The outer and inner rings, rolling elements, and cage materials are not limited to those in the above embodiment, but ceramics (for example, nitrogen-based Si ₃ N ₄ , zirconia, alumina, carbide-based materials,
The object of the present application can be achieved even with stainless steel such as SiC or SUS630.

[0026]

As described above, according to the present invention,
In a rolling member having a lubricating coating formed by coating molybdenum disulfide on a rolling surface with which a mating member makes rolling contact, the lubricating coating is formed by using a molecular weight ratio S of sulfur and molybdenum.
Since the molybdenum disulfide coating has a composition selected from / Mo of 1.7 or more and less than 2.0, the surface morphology of the coating has a dense hill-like structure, and the coating wear life is significantly improved.

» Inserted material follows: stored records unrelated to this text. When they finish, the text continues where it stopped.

ghost use Rattle.std.specs.Prelude.{◌≡◌};
ghost use Rattle.sgb_graph.specs.Columns.{util_seen};
ghost use Rattle.sgb_graph.specs.Kinds.{letter_of};
ghost use Rattle.sgb_graph.specs.Parts.{vertex_with_ints};
ghost use Rattle.sgb_graph.specs.inner.Columns.{util_kind};

use sgb_vec::Text;

/// What a utility field holds: nothing, an integer, a vertex, a string or an arc (GB_GRAPH, util_types).
#[derive(Clone, Copy, Debug, PartialEq, Eq)]
pub enum Kind {
    /// Not used.
    Z,
    /// An integer.
    I,
    /// A vertex.
    V,
    /// A string.
    S,
    /// An arc.
    A,
}

impl Kind {
    /// The letter that stands for it in a file: Z, I, V, S or A (GB_GRAPH, util_types).
    pub fn letter(self) -> u8
        ensures { result ≡ letter_of self }
    {
        match self {
            Kind::Z => b'Z',
            Kind::I => b'I',
            Kind::V => b'V',
            Kind::S => b'S',
            Kind::A => b'A',
        }
    }
}

/// A vertex, or one of the two values that stand for none.
#[derive(Clone, Copy, Debug, PartialEq, Eq)]
pub enum Ref {
    /// The null pointer.
    Null,
    /// The pointer value 1.
    One,
    /// The vertex of this number.
    At(u32),
}

/// The value of a utility field.
#[derive(Drop)]
pub enum Util {
    /// The field is not used.
    Nothing,
    /// An integer.
    Int(i64),
    /// A vertex, or none.
    Vertex(Ref),
    /// A string.
    Str(Text),
    /// An arc record by its number, or none.
    Chain(Option<usize>),
}

impl Util {
    /// The value, seen where it stands.
    pub fn seen(&self) -> UtilRef<'_>
        ensures { util_seen result ≡ self.now }
    {
        match self {
            Util::Nothing => UtilRef::Nothing,
            Util::Int(number) => UtilRef::Int(*number),
            Util::Vertex(vertex) => UtilRef::Vertex(*vertex),
            Util::Str(text) => UtilRef::Str(text),
            Util::Chain(first) => UtilRef::Chain(*first),
        }
    }

    // The kind of the value.
    pub(crate) fn kind(&self) -> Kind
        ensures { result ≡ util_kind self.now }
    {
        match self {
            Util::Nothing => Kind::Z,
            Util::Int(_) => Kind::I,
            Util::Vertex(_) => Kind::V,
            Util::Str(_) => Kind::S,
            Util::Chain(_) => Kind::A,
        }
    }
}

/// The value of a utility field of a graph, seen where the graph keeps it.
#[derive(Clone, Copy)]
pub enum UtilRef<'a> {
    /// The field is not used.
    Nothing,
    /// An integer.
    Int(i64),
    /// A vertex, or none.
    Vertex(Ref),
    /// A string.
    Str(&'a Text),
    /// An arc record by its number, or none.
    Chain(Option<usize>),
}

/// A vertex: its name, the first record of its list of arcs, and its utility fields u, v, w, x, y, z.
#[derive(Drop)]
pub struct Vertex {
    pub name: Text,
    pub arcs: Option<usize>,
    pub util: [Util; 6],
}

impl Vertex {
    // The vertex with this name and this first record, which holds integers in x, y, z and nothing in u, v, w.
    pub(crate) fn with_ints(name: Text, arcs: Option<usize>, x: i64, y: i64, z: i64) -> Vertex
        ensures { result ≡ vertex_with_ints name arcs x y z }
    {
        let util = [
            Util::Nothing,
            Util::Nothing,
            Util::Nothing,
            Util::Int(x),
            Util::Int(y),
            Util::Int(z),
        ];
        Vertex { name, arcs, util }
    }
}

/// An arc record: where it leads, the next record of the list that it is on, its length, and its utility
/// fields a and b.
#[derive(Drop)]
pub struct ArcRec {
    pub tip: Ref,
    pub next: Option<usize>,
    pub len: i64,
    pub a: Util,
    pub b: Util,
}

/// A vertex, seen where its graph keeps it: its name, the first record of its list of arcs, and its utility fields
/// u, v, w, x, y, z.
#[derive(Clone, Copy)]
pub struct VertexRef<'a> {
    pub name: &'a Text,
    pub arcs: Option<usize>,
    pub util: [UtilRef<'a>; 6],
}

/// An arc record, seen where its graph keeps it: where it leads, the next record of the list that it is on, its
/// length, and its utility fields a and b.
#[derive(Clone, Copy)]
pub struct ArcRef<'a> {
    pub tip: Ref,
    pub next: Option<usize>,
    pub len: i64,
    pub a: UtilRef<'a>,
    pub b: UtilRef<'a>,
}

/// An arc of a vertex's list: the number of its record, the vertex where it leads, and its length.
#[derive(Clone, Copy, Debug, PartialEq, Eq)]
pub struct Link {
    pub number: usize,
    pub tip: u32,
    pub len: i64,
}
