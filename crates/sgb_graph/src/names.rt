//! The names of a graph's vertices.
//!
//! Each stands where its vertex will: the graph takes them over, and none is moved. Where their number is known before
//! they are made, as that of a line graph, their room is taken at once: a vector that grows moves, and leaves holes behind.
ghost use Rattle.std.specs.Prelude.{◌≡◌, ◌<◌, [], ◌∷◌, ◌++◌, Some, length, slice_get, OnOk, OnErr, IfErr, IfOk, IsOkUnless};

use sgb_vec::{Panic, Text};
use std::alloc::Global;
use std::marker::Model;

/// The names of a graph's vertices, in their order. Contracts see them as a list of texts.
#[derive(Drop)]
pub struct Names {
    texts: Vec<Text>,
}

impl Model for Names {
    ghost use Rattle.std.specs.Prelude.{List, ℕ};

    ghost Value = { List (List ℕ) };

    ghost view = { λ names. names.texts.items };
}

impl Names {
    /// No names. They keep the allocator, and take no memory yet.
    pub fn new(alloc: Global) -> Names
        ensures { result ≡ [] }
    {
        Names {
            texts: Vec::new(alloc),
        }
    }

    /// No names, with room for so many.
    ///
    /// `NoRoom` when out of memory, and nothing else.
    pub fn with_capacity(alloc: Global, count: usize) -> Result<Names, Panic>
        ensures ok { IfOk result (λ names. names ≡ []) }
        ensures memory { IsOkUnless result Panic.NoRoom }
    {
        let texts = Vec::with_capacity(alloc, count)?;
        Ok(Names { texts })
    }

    /// Appends a name.
    ///
    /// An error means out of memory: it hands the name back, and the names stay as they were.
    pub fn push(&mut self, name: Text) -> Result<(), Text>
        ensures ok { OnOk result (self.new ≡ self.old ++ name ∷ []) }
        ensures err { OnErr result (self.new ≡ self.old) }
        ensures returned { IfErr result (λ text. text ≡ name) }
    {
        match self.texts.push(name) {
            Ok(()) => Ok(()),
            Err(refused) => Err(refused.value),
        }
    }

    /// The number of names.
    pub fn len(&self) -> usize
        ensures { result ≡ length self.now }
    {
        self.texts.len()
    }

    /// Name number `v`, counted from 0, below `len()`.
    pub fn get(&self, v: u32) -> &Text
        requires { v < length self.now }
        ensures { slice_get self.now v ≡ Some result.now }
    {
        &self.texts[v as usize]
    }

    // The names, one after another.
    pub(crate) fn into_texts(self) -> Vec<Text>
        ensures { result.items ≡ self }
    {
        let Names { texts } = self;
        texts
    }
}
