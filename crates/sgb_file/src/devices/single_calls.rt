//! What one call of a device does: copies bytes, gives up, keeps a fault of std's, or writes once.
ghost use Rattle.std.specs.Prelude.{◌≡◌, ◌<◌, ◌++◌, true, length, min, take, drop, is_err, is_ok, IfOk, IsErr, if◌then◌else◌};
ghost use Rattle.std.specs.Io.{WritesAtMost};
ghost use Rattle.std.specs.Io.KnownBytes.{WriteAppends};
ghost use Rattle.std.specs.Result.{result_ok};

use super::Failed;
use std::io::{self, Write};

/// Copies as many bytes as both have to the start of `to`, and returns how many.
pub(super) fn copy_prefix(from: &[u8], to: &mut [u8]) -> usize
    ensures count { result ≡ min (length from.now) (length to.old) }
    ensures copied { to.new ≡ take result from.now ++ drop result to.old }
{
    let count = from.len().min(to.len());
    to[..count].copy_from_slice(&from[..count]);
    count
}

/// Sets the flag of a device that gives up.
pub(super) fn give_up<T>(failed: &mut bool) -> Result<T, Failed>
    ensures set { failed.new ≡ true }
    ensures err { IsErr result }
{
    *failed = true;
    Err(Failed)
}

/// What a reader or writer returned; an error of any kind sets the flag.
pub(super) fn keep_fault<T>(failed: &mut bool, returned: io::Result<T>) -> Result<T, Failed>
    ensures ok { result_ok result ≡ result_ok returned }
    ensures failed { failed.new ≡ (if is_ok returned then failed.old else true) }
{
    match returned {
        Ok(value) => Ok(value),
        Err(_) => give_up(failed),
    }
}

/// Writes once, and sets the flag where the write fails, also by an interrupt, or takes none of bytes that are not
/// empty. Where the flag was set the writer is left alone.
pub(super) fn write_once<W: Write>(
    writer: &mut W,
    failed: &mut bool,
    bytes: &[u8],
) -> Result<usize, Failed>
    ensures bound { WritesAtMost result bytes.now }
    ensures progress { IfOk result (λ count. 0 < length bytes.now → 0 < count) }
    ensures took { WriteAppends (W.contents writer.old) (W.contents writer.new) result bytes.now }
    ensures failed { failed.new ≡ is_err result }
    ensures stays_failed { failed.old ≡ true → failed.new ≡ true }
    ensures left_alone { failed.old ≡ true → writer.new ≡ writer.old }
{
    if *failed {
        return Err(Failed);
    }
    let returned = writer.write(bytes);
    let count = keep_fault(failed, returned)?;
    if count == 0 && !bytes.is_empty() {
        return give_up(failed);
    }
    Ok(count)
}
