//! Values put where room for them was taken before.
ghost use Rattle.std.specs.Prelude.{◌≡◌, ◌<◌, ◌++◌, [], ◌∷◌, vec_capacity, vec_len};

// Puts a value after the others, for which there is room. It takes no memory.
#[inline(always)]
pub(crate) fn put<T: Drop>(values: &mut Vec<T>, value: T)
    requires { vec_len values.old < vec_capacity values.old }
    ensures { values.new.items ≡ values.old.items ++ value ∷ [] }
{
    values.push_reserved(value);
}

By forming this molybdenum disulfide coating on the rolling surfaces of rolling bearings and ball screws, it is possible to improve the service life and reliability of the rolling bearings and ball screws.

[Brief description of drawings]

FIG. 1 is a front view showing an example of a ball screw to which the present invention is applied.

FIG. 2 is a sectional view showing an example of an angular ball bearing to which the present invention is applied.

FIG. 3 is a schematic diagram showing an example of a sputtering apparatus applicable to the present invention.

FIG. 4 is a schematic configuration diagram showing a ball-on-disk tester in vacuum.

FIG. 5 is a graph showing the relationship between the ion bombardment time and the durable life of the example coating and the comparative example coating.

FIG. 6 is an electron micrograph showing the surface morphology of a MoS ₂ thin film according to an example of the present invention.

FIG. 7 is an electron micrograph showing the surface morphology of a MoS ₂ thin film in a comparative example.

FIG. 8 is a graph showing an X-ray diffraction pattern of Example 1.

FIG. 9 is a graph showing an X-ray diffraction pattern of a comparative example.

FIG. 10 is a schematic configuration diagram showing an example of a bearing testing device in vacuum.

11 is a characteristic diagram showing the relationship between the dynamic torque and the total number of rotations, which represents the test results using the test apparatus of FIG.

FIG. 12 is a diagram showing the EPMA analysis result at each point in FIG. 11.

FIG. 13 is a characteristic diagram showing the relationship between the total rotation speed and the rotation speed.

FIG. 14 is a characteristic diagram showing the relationship between the total load and the axial load.

[Explanation of symbols]

 1 Ball Screw 2 Screw Shaft 3 Ball Nut 4 Ball 10 Rolling Bearing 11 Outer Ring 12 Inner Ring 13 Ball 14 Cage 20 Sputtering Equipment 21,23 Electrode 24 High Frequency Power Supply 27 Exhaust System 30 Argon Cylinder 31 Vacuum Gauge 40 Vacuum Ball-on-Disk Tester 50 Vacuum bearing test equipment

Claims (1)

[Claims] 1. A rolling member having a lubricating coating formed by coating molybdenum disulfide on the rolling surface with which the mating member is in rolling contact, wherein the lubricating coating has a molecular weight ratio S / Mo of sulfur to molybdenum of 1 A rolling member formed of a molybdenum disulfide coating having a composition selected from 0.7 to less than 2.0.